■ **Aim of the task**: Every entry should be given again exactly, with nothing dropped.

-- Data in this exercise follows --

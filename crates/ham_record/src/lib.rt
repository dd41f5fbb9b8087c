//! Records of runs: the logs of the run that a schedule makes, with the acts of their calls, as a text for the auditor.
//!
//! It stands on replays and on the auditor, whose definition finds no fault in what it writes. The command `record` calls it.
#![tactic(auto)]

mod logs;
mod running;
mod written;

pub use running::Halt;
pub use written::{recorded, write_logs};
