//! The text of a world's logs.

ghost use Rattle.std.specs.Prelude.{◌≡◌, ◌++◌, ◌<◌, ◌^◌, false, IfOk, OnOk};
ghost use Rattle.std.specs.List.{AllByRecursion};
ghost use Rattle.ham_text.specs.Written.{line_text, lines_text};
ghost use Rattle.ham_plan.specs.Lists.{In};
ghost use Rattle.ham_turns.specs.Settings.{IsReplica, rules_of, setting_of};
ghost use Rattle.ham_runs.specs.Runs.{IsRun, log_of};
ghost use Rattle.ham_records.specs.Texts as texts;
ghost use Rattle.ham_record.specs.Recorded.{entry_at, entries_at, logs_at};

use ham_lists::{Bytes, Items, NoMemory};
use ham_records::{Logged, push_end, push_logged, push_opening, push_replica};
use ham_runs::laws::plans_are_settings;
use ham_syntax::{Act, Place};
use ham_world::World;
use std::alloc::Global;

/// The text of the logs, with the acts of their calls.
pub(crate) fn logs_text(alloc: Global, world: &World) -> Result<Bytes, NoMemory>
    requires going { world.now.stopped ≡ false }
    requires run { IsRun (rules_of world.now.object) (setting_of world.now.plan) world.now.notes }
    ensures text { IfOk result (λ text. text ≡ texts.text_of world.now.object (logs_at world.now)) }
    ensures spelled { IfOk result (λ _. texts.AreLogs world.now.object (logs_at world.now)) }
{
    let mut text = Items::new(alloc);
    let _planned = world.object();
    let replicas = world.replicas();
    push_opening(&mut text, replicas)?;
    for before in 0..replicas {
        push_log(&mut text, world, before + 1)?;
    }
    push_end(&mut text)?;
    Ok(text)
}

/// Puts the lines of a replica's log last.
fn push_log(text: &mut Bytes, world: &World, replica: u8) -> Result<(), NoMemory>
    requires going { world.now.stopped ≡ false }
    requires run { IsRun (rules_of world.now.object) (setting_of world.now.plan) world.now.notes }
    requires replica { IsReplica (setting_of world.now.plan) replica }
    ensures text { OnOk result (text.new ≡ text.old ++ lines_text (texts.log_lines world.now.object replica (entries_at world.now replica))) }
    ensures spelled { OnOk result (AllByRecursion (texts.IsLogged world.now.object) (entries_at world.now replica)) }
{
    push_replica(text, replica)?;
    let log = world.log(replica);
    for place in log {
        push_call(text, world, replica, place)?;
    }
    Ok(())
}

/// Puts the line of a logged call last.
fn push_call(text: &mut Bytes, world: &World, replica: u8, place: &Place) -> Result<(), NoMemory>
    requires going { world.now.stopped ≡ false }
    requires run { IsRun (rules_of world.now.object) (setting_of world.now.plan) world.now.notes }
    requires replica { IsReplica (setting_of world.now.plan) replica }
    requires logged { In place.now (log_of world.now.notes replica) }
    ensures text { OnOk result (text.new ≡ text.old ++ line_text (texts.call_words world.now.object (entry_at world.now place.now))) }
    ensures spelled { OnOk result (texts.IsLogged world.now.object (entry_at world.now place.now)) }
{
    // The acts of a run's calls fit, so that each has its line.
    plans_are_settings();
    let object = world.object();
    let act = world.act(replica, place);
    let _few = act.args.items();
    let logged = call_of(place.lane, place.number, act);
    push_logged(text, object, &logged)
}

/// The call at a place. Its numbers are as small as a text spells them.
fn call_of(lane: u8, number: u32, act: Act) -> Logged
    ensures is { result ≡ record { place = record { lane = lane; number = number }; act = act } }
    ensures lane { lane < 256 }
    ensures number { number < 2 ^ 32 }
{
    Logged {
        place: Place { lane, number },
        act,
    }
}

-- Data in this exercise concluded --

■ **Task response**:
filename crates/ham_record/src/lib.rt
repository dd41f5fbb9b8087c
//! Records of runs: the logs of the run that a schedule makes, with the acts of their calls, as a text for the auditor.
//!
//! It stands on replays and on the auditor, whose definition finds no fault in what it writes. The command `record` calls it.
#![tactic(auto)]

mod logs;
mod running;
mod written;

pub use running::Halt;
pub use written::{recorded, write_logs};
//! The text of a world's logs.

ghost use Rattle.std.specs.Prelude.{◌≡◌, ◌++◌, ◌<◌, ◌^◌, false, IfOk, OnOk};
ghost use Rattle.std.specs.List.{AllByRecursion};
ghost use Rattle.ham_text.specs.Written.{line_text, lines_text};
ghost use Rattle.ham_plan.specs.Lists.{In};
ghost use Rattle.ham_turns.specs.Settings.{IsReplica, rules_of, setting_of};
ghost use Rattle.ham_runs.specs.Runs.{IsRun, log_of};
ghost use Rattle.ham_records.specs.Texts as texts;
ghost use Rattle.ham_record.specs.Recorded.{entry_at, entries_at, logs_at};

use ham_lists::{Bytes, Items, NoMemory};
use ham_records::{Logged, push_end, push_logged, push_opening, push_replica};
use ham_runs::laws::plans_are_settings;
use ham_syntax::{Act, Place};
use ham_world::World;
use std::alloc::Global;

/// The text of the logs, with the acts of their calls.
pub(crate) fn logs_text(alloc: Global, world: &World) -> Result<Bytes, NoMemory>
    requires going { world.now.stopped ≡ false }
    requires run { IsRun (rules_of world.now.object) (setting_of world.now.plan) world.now.notes }
    ensures text { IfOk result (λ text. text ≡ texts.text_of world.now.object (logs_at world.now)) }
    ensures spelled { IfOk result (λ _. texts.AreLogs world.now.object (logs_at world.now)) }
{
    let mut text = Items::new(alloc);
    let _planned = world.object();
    let replicas = world.replicas();
    push_opening(&mut text, replicas)?;
    for before in 0..replicas {
        push_log(&mut text, world, before + 1)?;
    }
    push_end(&mut text)?;
    Ok(text)
}

/// Puts the lines of a replica's log last.
fn push_log(text: &mut Bytes, world: &World, replica: u8) -> Result<(), NoMemory>
    requires going { world.now.stopped ≡ false }
    requires run { IsRun (rules_of world.now.object) (setting_of world.now.plan) world.now.notes }
    requires replica { IsReplica (setting_of world.now.plan) replica }
    ensures text { OnOk result (text.new ≡ text.old ++ lines_text (texts.log_lines world.now.object replica (entries_at world.now replica))) }
    ensures spelled { OnOk result (AllByRecursion (texts.IsLogged world.now.object) (entries_at world.now replica)) }
{
    push_replica(text, replica)?;
    let log = world.log(replica);
    for place in log {
        push_call(text, world, replica, place)?;
    }
    Ok(())
}

/// Puts the line of a logged call last.
fn push_call(text: &mut Bytes, world: &World, replica: u8, place: &Place) -> Result<(), NoMemory>
    requires going { world.now.stopped ≡ false }
    requires run { IsRun (rules_of world.now.object) (setting_of world.now.plan) world.now.notes }
    requires replica { IsReplica (setting_of world.now.plan) replica }
    requires logged { In place.now (log_of world.now.notes replica) }
    ensures text { OnOk result (text.new ≡ text.old ++ line_text (texts.call_words world.now.object (entry_at world.now place.now))) }
    ensures spelled { OnOk result (texts.IsLogged world.now.object (entry_at world.now place.now)) }
{
    // The acts of a run's calls fit, so that each has its line.
    plans_are_settings();
    let object = world.object();
    let act = world.act(replica, place);
    let _few = act.args.items();
    let logged = call_of(place.lane, place.number, act);
    push_logged(text, object, &logged)
}

/// The call at a place. Its numbers are as small as a text spells them.
fn call_of(lane: u8, number: u32, act: Act) -> Logged
    ensures is { result ≡ record { place = record { lane = lane; number = number }; act = act } }
    ensures lane { lane < 256 }
    ensures number { number < 2 ^ 32 }
{
    Logged {
        place: Place { lane, number },
        act,
    }
}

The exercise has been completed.